• What the exercise asks:
Reproduce, exactly, the lines of the material below from the line containing "pub mod check;" through the line containing "use table_index::look::look_up;", with both end lines included and nothing else.

(Provided material begins)

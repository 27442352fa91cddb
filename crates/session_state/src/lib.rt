// The state of a session with a peer (src/sync/state.rs), and read-only mode.
//
// A session is a struct by value, of its flags and the counts of its lists. The lists themselves are lent: each is the first hashes of a
// buffer. What the peer said last may be absent, which isn't the same as empty. With the lists that are lent beside it the struct is a
// session as a value (specs/Value), which is what the rules speak of.
#![tactic(auto)]

pub mod session;
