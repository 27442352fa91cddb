// Sessions, and read-only mode.
ghost use Rattle.std.specs.Prelude.{false, ◌≡◌};
ghost use Rattle.session_state.specs.Value.{heard_count};
ghost use Rattle.session_state.specs.Counts.{begun_counts, fresh_counts, fresh_read_only_counts, restored_counts, set_read_only_counts};

// How many were heard: none where nothing was.
pub fn heard_count(heard: Option<usize>) -> usize
    ensures { result ≡ heard_count heard }
{
    heard.unwrap_or(0)
}

#[derive(Clone, Copy)]
pub struct Session {
    // Hashes that both peers have.
    pub shared_heads: usize,
    // The heads that were sent last.
    pub last_sent_heads: usize,
    // What the peer said last, if anything: how many heads it has, hashes it needs, and haves.
    pub their_heads: Option<usize>,
    pub their_need: Option<usize>,
    pub their_have: Option<usize>,
    // Hashes sent in this session, strictly ascending.
    pub sent_hashes: usize,
    // Whether what was sent last is still unanswered.
    pub in_flight: bool,
    // Whether the peer was ever answered.
    pub have_responded: bool,
    // The peer's capabilities: messages of version 2, and resets.
    pub supports_v2: bool,
    pub supports_reset: bool,
    // Incoming changes aren't applied, here or at the peer.
    pub read_only: bool,
    pub peer_read_only: bool,
    // The next message asks the peer to forget what it sent.
    pub needs_reset: bool,
}

impl Session {
    // A session in which nothing was said, but these haves were heard.
    fn heard_only(their_have: Option<usize>) -> Session
        ensures { result ≡ begun_counts 0 their_have false false false false }
    {
        Session {
            shared_heads: 0,
            last_sent_heads: 0,
            their_heads: None,
            their_need: None,
            their_have,
            sent_hashes: 0,
            in_flight: false,
            have_responded: false,
            supports_v2: false,
            supports_reset: false,
            read_only: false,
            peer_read_only: false,
            needs_reset: false,
        }
    }

    // A session in which nothing was said yet.
    pub fn new() -> Session
        ensures { result ≡ fresh_counts }
    {
        Session::heard_only(None)
    }

    // A session in which nothing was said yet, of a unit that takes no changes.
    pub fn new_read_only() -> Session
        ensures { result ≡ fresh_read_only_counts }
    {
        let mut s = Session::new();
        s.read_only = true;
        s
    }

    // What a saved state gives: its shared heads, and haves that are present and none.
    pub fn restored(shared_heads: usize) -> Session
        ensures { result ≡ restored_counts shared_heads }
    {
        let mut s = Session::heard_only(Some(0));
        s.shared_heads = shared_heads;
        s
    }

    // Hands back the changed session. Switching on makes the next message tell the peer; switching off starts afresh and asks the peer to
    // send again what was ignored.
    pub fn set_read_only(self, read_only: bool) -> Session
        ensures { result ≡ set_read_only_counts self read_only }
    {
        let was = self.read_only;
        if read_only {
            if was {
                return self;
            }
            let mut on = self;
            on.read_only = true;
            on.in_flight = false;
            on.have_responded = false;
            return on;
        }
        if was {
            let mut off = Session::new();
            off.supports_v2 = self.supports_v2;
            off.supports_reset = self.supports_reset;
            off.needs_reset = true;
            return off;
        }
        self
    }
}
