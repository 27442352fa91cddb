// The planner: rows in table order, whatever still fits and has its listed dependencies picked.
ghost use Rattle.std.specs.Prelude.{List, ℕ, ◌*◌, ◌≤◌, length};
ghost use Rattle.pick.specs.Internal.PickMarks.{RowMarks, MarksPicked};
ghost use Rattle.pick.specs.PickCalls.{pick_output};
ghost use Rattle.pick.specs.Picking.{pick_of};
ghost use Rattle.rules.specs.Hash.{hashes_at, hashes_bytes};
ghost use Rattle.rules.specs.Output.{Written, Output};
ghost use Rattle.rules.specs.Sizes.{sizes};
ghost use Rattle.table.specs.TableBytes.{rows_at, GoodRows};
ghost use Rattle.table_graph.specs.Internal.Marks.{Blank};
ghost use Rattle.table_index.specs.Index.{Indexed};

use crate::goes::goes_now;
use rules::passed::passed_up_to;
use rules::refusal::Refusal;
use rules::sizes::{HASH_SIZE, HASHES_TO_SEND, ROWS};
use table_check::check::check_indexed;
use table_graph::marked::put_marked;
use table_graph::marks::mark_list;

// Marks the rows that are picked and returns how many they are. A row's dependencies have smaller numbers, so their marks are final when its turn comes.
fn pick_marked(
    table: &[u8],
    n: usize,
    row_sizes: &[u64],
    budget: u64,
    listed: &[bool],
    picks: &mut [bool],
) -> usize
    requires { GoodRows table.now n × (n ≤ length row_sizes.now) × (n ≤ length listed.now) × (n ≤ length picks.old) × Blank n picks.old }
    ensures { (list : List ℕ) → RowMarks table.now n list listed.now
        → MarksPicked table.now n row_sizes.now budget list picks.new result }
{
    let mut left = budget;
    let mut count = 0;
    for row in 0..n {
        if goes_now(table, row, row_sizes[row], left, listed, picks) {
            left -= row_sizes[row];
            picks[row] = true;
            count += 1;
        }
    }
    count
}

// Puts the planner's pick, where the table and the list have been checked.
fn put_picked(
    table: &[u8],
    index: &[u8],
    n: usize,
    list: &[u8],
    many: usize,
    row_sizes: &[u64],
    budget: u64,
    out: &mut [u8],
) -> Result<usize, Refusal>
    requires { Indexed table.now index.now n × (sizes.hash * many ≤ length list.now) × (n ≤ length row_sizes.now) }
    ensures { Written (Output.bytes (hashes_bytes (pick_of (rows_at table.now 0 n) (hashes_at list.now 0 many)
        row_sizes.now budget))) out.old out.new result }
{
    let mut listed = [false; ROWS];
    mark_list(table, index, n, list, 0, many, &mut listed);
    let mut picks = [false; ROWS];
    let size = HASH_SIZE * pick_marked(table, n, row_sizes, budget, &listed, &mut picks);
    if out.len() < size {
        return Err(Refusal::NoRoom(size));
    }
    put_marked(table, n, &picks, out, 0);
    Ok(size)
}

// Writes what goes now of a list that is lent as the bytes of its hashes.
pub fn pick(
    table: &[u8],
    index: &[u8],
    list: &[u8],
    row_sizes: &[u64],
    budget: u64,
    out: &mut [u8],
) -> Result<usize, Refusal>
    ensures { Written (pick_output table.now index.now list.now row_sizes.now budget)
        out.old out.new result }
{
    let n = check_indexed(table, index)?;
    let many = passed_up_to(HASHES_TO_SEND, list)?;
    if row_sizes.len() != n {
        return Err(Refusal::BadPick(0));
    }
    put_picked(table, index, n, list, many, row_sizes, budget, out)
}
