// What a message changes in a session (`receive_sync_message` of src/sync.rs), part by part: flags, heads sent last and sent hashes. The shared heads
// have a crate of their own.
#![tactic(auto)]

pub mod flags;
pub mod heads;
pub mod left;
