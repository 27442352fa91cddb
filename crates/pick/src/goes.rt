// Whether a row goes, over marks of the rows that are listed and of those that are picked.
ghost use Rattle.std.specs.Prelude.{◌≡◌, ◌+◌, ◌≤◌, length};
ghost use Rattle.pick.specs.Internal.PickMarks.{marked_go, row_goes};
ghost use Rattle.table.specs.TableBytes.{used_at, GoodRows};

use table::row::{dep, dep_count};

// Whether what row i depends on goes with it: each of these rows that is listed is picked. What they depend on in turn is their own affair.
pub fn goes_with(table: &[u8], i: usize, listed: &[bool], picks: &[bool]) -> bool
    requires { GoodRows table.now (i + 1) × (i ≤ length listed.now) × (i ≤ length picks.now) }
    ensures { result ≡ marked_go listed.now picks.now (used_at table.now i) }
{
    for j in 0..dep_count(table, i) {
        let k = dep(table, i, j);
        if listed[k] && !picks[k] {
            return false;
        }
    }
    true
}

// Whether row i goes now, where so much is left and these rows were picked before it.
pub fn goes_now(
    table: &[u8],
    i: usize,
    size: u64,
    left: u64,
    listed: &[bool],
    picks: &[bool],
) -> bool
    requires { GoodRows table.now (i + 1) × (i + 1 ≤ length listed.now) × (i ≤ length picks.now) }
    ensures { result ≡ row_goes table.now listed.now picks.now size left i }
{
    if !listed[i] {
        return false;
    }
    if left < size {
        return false;
    }
    goes_with(table, i, listed, picks)
}
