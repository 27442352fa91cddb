// Messages that fit the radio (02, M-110): a planner picks what goes now of a list that is to be sent, and a check accepts a pick, whoever made it.
//
//   rows     a ── b ── d      list: b, c, d; sizes 1, 2, 9, 2; budget 4
//            └─── c            pick: b, d; c is too large, and with a budget of 3 only b would go
//
// The list is marks of rows, and so is the pick: both are one pass over the table.
#![tactic(auto)]

pub mod check;
pub mod goes;
pub mod pick;
pub mod radio;
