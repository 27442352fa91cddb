// A message's heads beside a table: which rows they are, and whether they are the heads that the table had before.
ghost use Rattle.std.specs.Prelude.{false, ◌≡◌, ◌+◌, ◌*◌, ◌≤◌, length};
ghost use Rattle.table_graph.specs.Graph.{heads};
ghost use Rattle.table_graph.specs.Internal.Marks.{Blank};
ghost use Rattle.table_index.specs.Index.{Indexed};
ghost use Rattle.hash_lists.specs.Lists.{same};
ghost use Rattle.rules.specs.Hash.{hashes_at};
ghost use Rattle.rules.specs.Sizes.{sizes};
ghost use Rattle.table.specs.TableBytes.{rows_at, GoodRows};
ghost use Rattle.table.specs.Table.{rows};
ghost use Rattle.receive_parts.specs.Internal.ReceiveParts.{HeadsMarked};

use hash_lists::compare::is_in;
use rules::sizes::{HASH_SIZE, ROWS};
use table::row::ROW_SIZE;
use table_graph::heads::mark_heads;
use table_graph::marked::same_marked;
use table_graph::marks::mark_below;
use table_index::look::look_up;

// Says whether all of a message's heads are held and, where hashes were sent, marks their rows and all below them: one look-up a head tells both.
pub fn mark_known(
    table: &[u8],
    index: &[u8],
    n: usize,
    message: &[u8],
    place: usize,
    many: usize,
    sent: usize,
    marks: &mut [bool],
) -> bool
    requires { Indexed table.now index.now n × (place + sizes.hash * many ≤ length message.now) × (n ≤ length marks.old) × Blank n marks.old }
    ensures { HeadsMarked table.now n (hashes_at message.now place many) sent marks.new result }
{
    let mut all = true;
    for k in 0..many {
        let row = look_up(table, index, n, message, place + HASH_SIZE * k);
        if row < n {
            marks[row] = true;
        } else {
            all = false;
        }
    }
    if sent == 0 {
        return all;
    }
    mark_below(table, n, marks);
    all
}

// Whether a message's heads have the last of a table's first rows, if there is one. It is always a head, as rows depend on rows before them: one look
// tells most other heads apart.
fn has_last(table: &[u8], before: usize, message: &[u8], place: usize, many: usize) -> bool
    requires { GoodRows table.now before × (place + sizes.hash * many ≤ length message.now) }
    ensures { result ≡ false → same (hashes_at message.now place many) (heads (rows_at table.now 0 before)) ≡ false }
{
    if before == 0 {
        return true;
    }
    is_in(table, (before - 1) * ROW_SIZE, message, place, many)
}

// Whether a message's heads are those of a table's first rows.
pub fn heads_before(
    table: &[u8],
    index: &[u8],
    n: usize,
    before: usize,
    message: &[u8],
    place: usize,
    many: usize,
) -> bool
    requires { Indexed table.now index.now n × (before ≤ n) × (place + sizes.hash * many ≤ length message.now) }
    ensures { result ≡ same (hashes_at message.now place many) (heads (rows_at table.now 0 before)) }
{
    if !has_last(table, before, message, place, many) {
        return false;
    }
    let mut marks = [false; ROWS];
    mark_heads(table, before, &mut marks);
    same_marked(table, index, n, before, &marks, message, place, many)
}
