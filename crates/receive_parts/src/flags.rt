// What every message does to a session, even one whose changes don't load.
ghost use Rattle.std.specs.Prelude.{◌≡◌};
ghost use Rattle.receive_parts.specs.Internal.ReceiveParts.{flagged_counts};

use message::flags::MessageFlags;
use session_state::session::Session;

// The session with nothing in flight, and with what a section says: that the peer knows V2, whether it understands resets and takes no changes, and
// whether what was sent is to be forgotten.
pub fn take_flags(session: Session, flags: Option<MessageFlags>) -> Session
    ensures { result ≡ flagged_counts flags session }
{
    let mut next = session;
    next.in_flight = false;
    match flags {
        None => next,
        Some(f) => {
            next.supports_v2 = true;
            next.supports_reset = f.supports_reset();
            next.peer_read_only = f.read_only();
            if f.wants_reset() {
                next.sent_hashes = 0;
            }
            next
        }
    }
}
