// What a radio takes of a message.

// Whether a pick is passed, and the bytes that its changes may have together.
#[derive(Clone, Copy)]
pub struct Radio {
    pub limited: bool,
    pub budget: u64,
}
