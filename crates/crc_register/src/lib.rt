// The checksum's register, octet by octet: by a table of 16 entries, and by shifts.
#![tactic(auto)]

ghost use Rattle.std.specs.Prelude.{◌≡◌, ◌<◌};
ghost use Rattle.crc_register.specs.Crc.{run, octet_bits, crc_from};
ghost use Rattle.crc_register.specs.Table.{half_bits, entry};

// The register after the octets, by the table.
#[tactic(auto, using(crate::proofs::Linear::by_octets))]
pub fn table_from(register: u16, data: &[u8]) -> u16
    ensures { result ≡ crc_from register «data».now }
{
    let mut r = register;
    for octet in data {
        r = table_octet(r, *octet);
    }
    r
}

// The register after one octet: the table is used for its high half, and then for its low half.
#[tactic(auto, using(crate::proofs::Octet::octet_halves))]
fn table_octet(r: u16, b: u8) -> u16
    ensures { result ≡ run r (octet_bits b) }
{
    table_half(table_half(r, b / 16), b % 16)
}

// The register after half an octet: its low twelve bits move up, and the table has what its highest four and the half leave.
fn table_half(r: u16, h: u8) -> u16
    requires { h < 16 }
    ensures { result ≡ run r (half_bits h) }
{
    (r << 4) ^ table_entry((r >> 12) ^ u16::from(h))
}

// The table: entry k is what four zero bits make of a register whose highest four bits are k and whose others are 0. Of these
// arms the compiler makes one multiplication; an array was tried, and takes 32 read-only octets, where a boot image wants none.
#[tactic(auto, using(crate::proofs::Entries::entry_product))]
fn table_entry(k: u16) -> u16
    requires { k < 16 }
    ensures { result ≡ entry k }
{
    match k {
        0 => 0x0000,
        1 => 0x1021,
        2 => 0x2042,
        3 => 0x3063,
        4 => 0x4084,
        5 => 0x50A5,
        6 => 0x60C6,
        7 => 0x70E7,
        8 => 0x8108,
        9 => 0x9129,
        10 => 0xA14A,
        11 => 0xB16B,
        12 => 0xC18C,
        13 => 0xD1AD,
        14 => 0xE1CE,
        _ => 0xF1EF,
    }
}

// The register after one octet with no table, by shifts.
pub fn no_table_octet(r: u16, b: u8) -> u16
    ensures { result ≡ run r (octet_bits b) }
{
    let x = (r >> 8) ^ u16::from(b);
    let y = x ^ (x >> 4);
    (r << 8) ^ ((y << 12) ^ (y << 5) ^ y)
}
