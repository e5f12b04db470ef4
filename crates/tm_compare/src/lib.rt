// Telemetry that was read, compared with a creator and with each other: each call takes the octets and the choice of checksum, and
// reads anew.
#![tactic(auto)]

ghost use Rattle.std.specs.Prelude.{◌≡◌, ◌&&◌};
ghost use Rattle.space_packet.specs.Header.{same_header};
ghost use Rattle.ecss.specs.Frame.{was_read};
ghost use Rattle.tm_header.specs.Header.{same_sec};
ghost use Rattle.tm_read.specs.Read.{read_in};
ghost use Rattle.tm_compare.specs.Compare.{equals_creator_in, equals_reader_in};

use space_packet::CcsdsPacket;
use tm_read::PusTmRecord;
use tm_write::PusTmCreator;

// Whether what is read is the creator's: the time length, both headers, the time and the data.
#[tactic(auto, using(crate::proofs::Compared::parts))]
pub fn eq_creator(
    time_len: u8,
    slice: &[u8],
    has_checksum: bool,
    creator: PusTmCreator,
    time: &[u8],
    source_data: &[u8],
) -> bool
    ensures { result ≡ equals_creator_in time_len slice.now has_checksum creator time.now source_data.now }
{
    let Ok(read) = PusTmRecord::new_no_checksum_verification(time_len, slice, has_checksum) else {
        return false;
    };
    time_len == creator.time_len()
        && same_headers(read, creator)
        && tm_read::timestamp(time_len, slice, has_checksum) == time
        && tm_read::source_data(time_len, slice, has_checksum) == source_data
}

// Whether both headers are the creator's.
#[tactic(auto, using(crate::proofs::Compared::parts))]
fn same_headers(read: PusTmRecord, creator: PusTmCreator) -> bool
    ensures { result ≡ (same_header read.sp_header creator.sp_header && same_sec read.sec_header creator.sec_header) }
{
    read.sp_header == creator.sp_header() && read.sec_header == creator.sec_header()
}

fn is_read(time_len: u8, slice: &[u8], has_checksum: bool) -> bool
    ensures { result ≡ was_read (read_in time_len slice.now has_checksum) }
{
    PusTmRecord::new_no_checksum_verification(time_len, slice, has_checksum).is_ok()
}

// Whether two readers hold the same packet: by their raw octets only.
#[tactic(auto, using(crate::proofs::Compared::parts))]
pub fn eq_reader(
    time_len: u8,
    slice: &[u8],
    has_checksum: bool,
    other: &[u8],
    other_has_checksum: bool,
) -> bool
    ensures { result ≡ equals_reader_in time_len slice.now has_checksum other.now other_has_checksum }
{
    is_read(time_len, slice, has_checksum)
        && is_read(time_len, other, other_has_checksum)
        && tm_read::raw_data(time_len, slice, has_checksum)
            == tm_read::raw_data(time_len, other, other_has_checksum)
}
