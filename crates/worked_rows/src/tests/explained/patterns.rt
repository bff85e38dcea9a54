//! Explained patterns of which the fits are kept, beside those that are told anew: three designs of 70 patterns with X, SHIFT
//! patterns and all kinds of faults, and two logs. What they are is among the examples (tests/explained.py).
ghost use Rattle.std.specs.Prelude.{◌<◌, length};
ghost use Rattle.diagnosis.specs.Designs.{facts_of};
ghost use Rattle.slat_view.specs.WholeCounts.{IsWholeOf};

use super::designs::{C17_DIE, ODD_DIE, Row, S27_DIE, design};
use super::dies::{add_text, die_of};
use diagnosis::DieView;
use slat_view::{Slat, WholeSlat, slat_counts, slat_places, whole_slat};
use std::alloc::Global;
use std::process::Abort;
use std::thread::Threads;

/// Whether the kept faults that fit a pattern are those that are told anew.
fn are_same_places<R: Abort + Threads + Sync>(
    rt: &R,
    alloc: Global,
    view: &DieView,
    whole: &WholeSlat,
    pattern: u32,
) -> bool
    requires whole { IsWholeOf view.now.design.test (facts_of view.now.logs) whole.now }
    requires pattern { pattern < length view.now.design.test.patterns }
{
    let kept = whole.places(rt, alloc, view, pattern).expect(rt, "memory");
    let told = slat_places(rt, alloc, view, pattern).expect(rt, "memory");
    let are_same = kept.as_slice() == told.as_slice();
    drop(kept);
    drop(told);
    are_same
}

/// The same of all patterns.
fn are_all_same<R: Abort + Threads + Sync>(
    rt: &R,
    alloc: Global,
    view: &DieView,
    whole: &WholeSlat,
) -> bool
    requires { IsWholeOf view.now.design.test (facts_of view.now.logs) whole.now }
{
    for pattern in 0..view.design().parts().patterns().len() as u32 {
        if !are_same_places(rt, alloc, view, whole, pattern) {
            return false;
        }
    }
    true
}

/// Whether both have the same patterns with as many faults, and some.
fn are_same_counts(kept: &Slat, told: &Slat) -> bool {
    for (kept, told) in kept.rows.as_slice().iter().zip(told.rows.as_slice()) {
        if kept.pattern != told.pattern || kept.faults != told.faults {
            return false;
        }
    }
    kept.failing == told.failing && kept.rows.len() == told.rows.len() && !kept.rows.is_empty()
}

fn agrees_over<R: Abort + Threads + Sync>(rt: &R, alloc: Global, view: &DieView) -> bool {
    let whole = whole_slat(rt, alloc, view).expect(rt, "memory");
    let told = slat_counts(rt, alloc, view).expect(rt, "memory");
    let agrees = are_same_counts(&whole.slat, &told) && are_all_same(rt, alloc, view, &whole);
    drop(told);
    drop(whole);
    agrees
}

fn agrees<R: Abort + Threads + Sync>(rt: &R, alloc: Global, row: &Row) -> bool {
    let mut view = die_of(rt, alloc, design(rt, alloc, row));
    for log in &row.logs {
        add_text(rt, alloc, &mut view, *log);
    }
    let agrees = agrees_over(rt, alloc, &view);
    drop(view);
    agrees
}

#[test]
fn patterns_of_three_designs(rt: HostRuntime) {
    assert!(rt; agrees(&rt, rt.alloc(), &C17_DIE));
    assert!(rt; agrees(&rt, rt.alloc(), &S27_DIE));
    assert!(rt; agrees(&rt, rt.alloc(), &ODD_DIE));
}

(Provided material ends)

• Result for this task:
pub mod check;
pub mod goes;
pub mod pick;
pub mod radio;
repository 27442352fa91cddb
// A message's heads beside a table: which rows they are, and whether they are the heads that the table had before.
ghost use Rattle.std.specs.Prelude.{false, ◌≡◌, ◌+◌, ◌*◌, ◌≤◌, length};
ghost use Rattle.table_graph.specs.Graph.{heads};
ghost use Rattle.table_graph.specs.Internal.Marks.{Blank};
ghost use Rattle.table_index.specs.Index.{Indexed};
ghost use Rattle.hash_lists.specs.Lists.{same};
ghost use Rattle.rules.specs.Hash.{hashes_at};
ghost use Rattle.rules.specs.Sizes.{sizes};
ghost use Rattle.table.specs.TableBytes.{rows_at, GoodRows};
ghost use Rattle.table.specs.Table.{rows};
ghost use Rattle.receive_parts.specs.Internal.ReceiveParts.{HeadsMarked};

use hash_lists::compare::is_in;
use rules::sizes::{HASH_SIZE, ROWS};
use table::row::ROW_SIZE;
use table_graph::heads::mark_heads;
use table_graph::marked::same_marked;
use table_graph::marks::mark_below;
use table_index::look::look_up;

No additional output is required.